Per le Sezioni Unite, se la clausola di determinazione degli interessi è stipulata prima della legge n. 108/96, l’eventuale superamento della soglia di usura nel corso del rapporto non la rende nulla, né inefficace.

Con la sentenza in commento, le Sezioni Unite della Corte di Cassazione, dirimendo un contrasto, hanno enunciato un principio di diritto in materia di usura di grande risonanza e già oggetto di osservazioni e rilievi critici. È stato affermato che, ove il tasso di interessi pattuito tra mutuante e mutuatario superi, nel corso dello svolgimento del rapporto, la soglia dell’usura come determinata in base alle disposizioni della legge n. 108 del 1996, la clausola contrattuale di determinazione del tasso degli interessi stipulata in data anteriore alla vigenza della predetta legge non è nulla, né inefficace. Inoltre, lo stesso principio è stato esteso ai contratti posteriori alla data di entrata in vigore della predetta legge recanti tassi inferiori alla soglia dell’usura, successivamente superata nel corso del rapporto.

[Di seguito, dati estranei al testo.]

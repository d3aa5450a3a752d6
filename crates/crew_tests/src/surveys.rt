//! Which workers measure which stations.

use crate::data::{push_july, read};
use ghcn_series::Data;
use rank_crew::{Gate, survey};
use rank_query::Query;
use std::alloc::{AllocError, Global};
use std::fmt::Write;
use std::sync::Wait;
use std::sync::atomic::{AtomicU64, Ordering};
use std::thread::Threads;

/// The number that means no worker, if there is no place.
const NOBODY: u64 = 64;

/// A gate that notes which worker measures each of up to four places.
#[derive(Drop)]
struct Measurers([AtomicU64; 4]);

impl Gate for Measurers {
    fn measuring<R: Wait>(&self, _rt: &R, worker: u64, place: u64) {
        if let Some(measurer) = self.0.get(place as usize) {
            measurer.store(worker, Ordering::SeqCst);
        }
    }

    fn claimed<R: Wait>(&self, _rt: &R, _worker: u64, _morsel: u64) {}
}

/// Writes a station's July of 2020, and that of an earlier year if one is named.
fn push_since(text: &mut String, id: &str, year: Option<u16>) -> Result<(), AllocError> {
    if let Some(year) = year {
        push_july(text, id, year, &[250])?;
    }
    push_july(text, id, 2020, &[250])
}

const IDS: [&str; 4] = ["ZZA00000001", "ZZA00000002", "ZZA00000003", "ZZA00000004"];

/// The data of as many stations as there are earlier years, up to four. The first lies at 10 degrees
/// of latitude, and each further one a degree farther north.
fn data_since(alloc: Global, years: &[Option<u16>]) -> Option<Data> {
    let mut list = String::new(alloc);
    let mut text = String::new(alloc);
    for ((number, id), year) in IDS.iter().enumerate().zip(years) {
        write!(list, "{id}  1{number}.0000   20.0000\n").ok()?;
        push_since(&mut text, id, *year).ok()?;
    }
    read(alloc, list.as_bytes(), text.as_bytes())
}

/// How many workers there are.
#[derive(Clone, Copy)]
enum Workers {
    Two,
    Three,
    Four,
}

/// Which workers measure the stations. There are two to four workers.
fn measurers_of<R: Threads + Wait + Sync>(
    rt: &R,
    alloc: Global,
    text: &str,
    years: &[Option<u16>],
    workers: Workers,
) -> Option<[u64; 4]> {
    let gate = Measurers([
        AtomicU64::new(NOBODY),
        AtomicU64::new(NOBODY),
        AtomicU64::new(NOBODY),
        AtomicU64::new(NOBODY),
    ]);
    let data = data_since(alloc, years)?;
    let query = Query::parse(text).ok()?;
    let workers = match workers {
        Workers::Two => 2,
        Workers::Three => 3,
        Workers::Four => 4,
    };
    survey(rt, alloc, &data, &query, workers, &gate).ok()?;
    Some([
        gate.0[0].load(Ordering::SeqCst),
        gate.0[1].load(Ordering::SeqCst),
        gate.0[2].load(Ordering::SeqCst),
        gate.0[3].load(Ordering::SeqCst),
    ])
}

/// The earlier years of some stations, how many workers measure the stations, and which of them each.
type Cut = (&'static [Option<u16>], Workers, [u64; 4]);

#[test]
fn stations_are_cut_by_their_blocks(rt: HostRuntime) {
    const ROWS: [Cut; 7] = [
        (&[None, None, None], Workers::Two, [0, 0, 1, NOBODY]),
        (&[Some(1990), None, None], Workers::Two, [0, 1, 1, NOBODY]),
        (&[None, None, Some(1990)], Workers::Two, [0, 0, 1, NOBODY]),
        (
            &[Some(2000), Some(2000), Some(1980)],
            Workers::Two,
            [0, 0, 1, NOBODY],
        ),
        (
            &[Some(2000), Some(2000), Some(2000)],
            Workers::Three,
            [0, 1, 2, NOBODY],
        ),
        (
            &[Some(2000), Some(2000), Some(2000), Some(2000)],
            Workers::Two,
            [0, 0, 1, 1],
        ),
        (
            &[Some(2000), Some(2000), Some(2000), Some(2000)],
            Workers::Four,
            [0, 1, 2, 3],
        ),
    ];
    for (years, workers, expected) in ROWS {
        let found = measurers_of(&rt, rt.alloc(), "top 1 highest TMAX", years, workers);
        assert_eq!(rt; found, Some(expected), "{years:?}");
    }
    let years = [Some(1990), None, None];
    let text = "top 1 highest TMAX box 10.5 0 90 90";
    let found = measurers_of(&rt, rt.alloc(), text, &years, Workers::Two);
    assert_eq!(rt; found, Some([0, 0, 1, NOBODY]), "{text}");
}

Nell’articolato percorso argomentativo su cui si basa la pronuncia in commento, i supremi giudici di legittimità hanno avuto modo di precisare che la pretesa del mutuante di riscuotere gli interessi secondo il tasso validamente concordato non può essere qualificata contraria ai doveri di buona fede nell’esecuzione del contratto per il solo fatto del successivo superamento di tale soglia.

Le Sezioni Unite hanno quindi superato la tesi della illiceità della pretesa al pagamento di interessi a un tasso che, pur non essendo superiore alla soglia dell’usura alla data della pattuizione, lo era divenuto al momento della maturazione o del pagamento degli interessi. Alla base della decisione è stata posta la valorizzazione del tenore letterale della norma di interpretazione autentica di cui all’art. 1, comma I, d.l. n. 394/2000 relativa alla esegesi da attribuire agli articoli 644 del codice penale e 1815, comma 2, del codice civile, come modificati dalla legge n. 108 del 1996.

Pur risolvendo un contrasto importante, e quindi facendo in tal modo chiarezza per il futuro, la pronuncia in parola, invero, non è in sé del tutto esente da critiche, in particolare per l’oscurità del passaggio in cui nega che la pretesa di interessi a un tasso superiore rispetto a quello soglia possa considerarsi non rispondente al canone comportamentale di buona fede oggettiva, risultando la stessa riferibile all’‘‘esercizio in sé considerato dei diritti scaturenti dal contratto’’ e non alle ‘‘particolari modalità di tale esercizio in concreto, che siano appunto scorrette in relazione alle circostanze del caso’’. Resta tuttavia il fatto che un nuovo principio di diritto è stato introdotto, ad uso delle corti di merito (almeno fino ad una nuova pronuncia di senso contrario).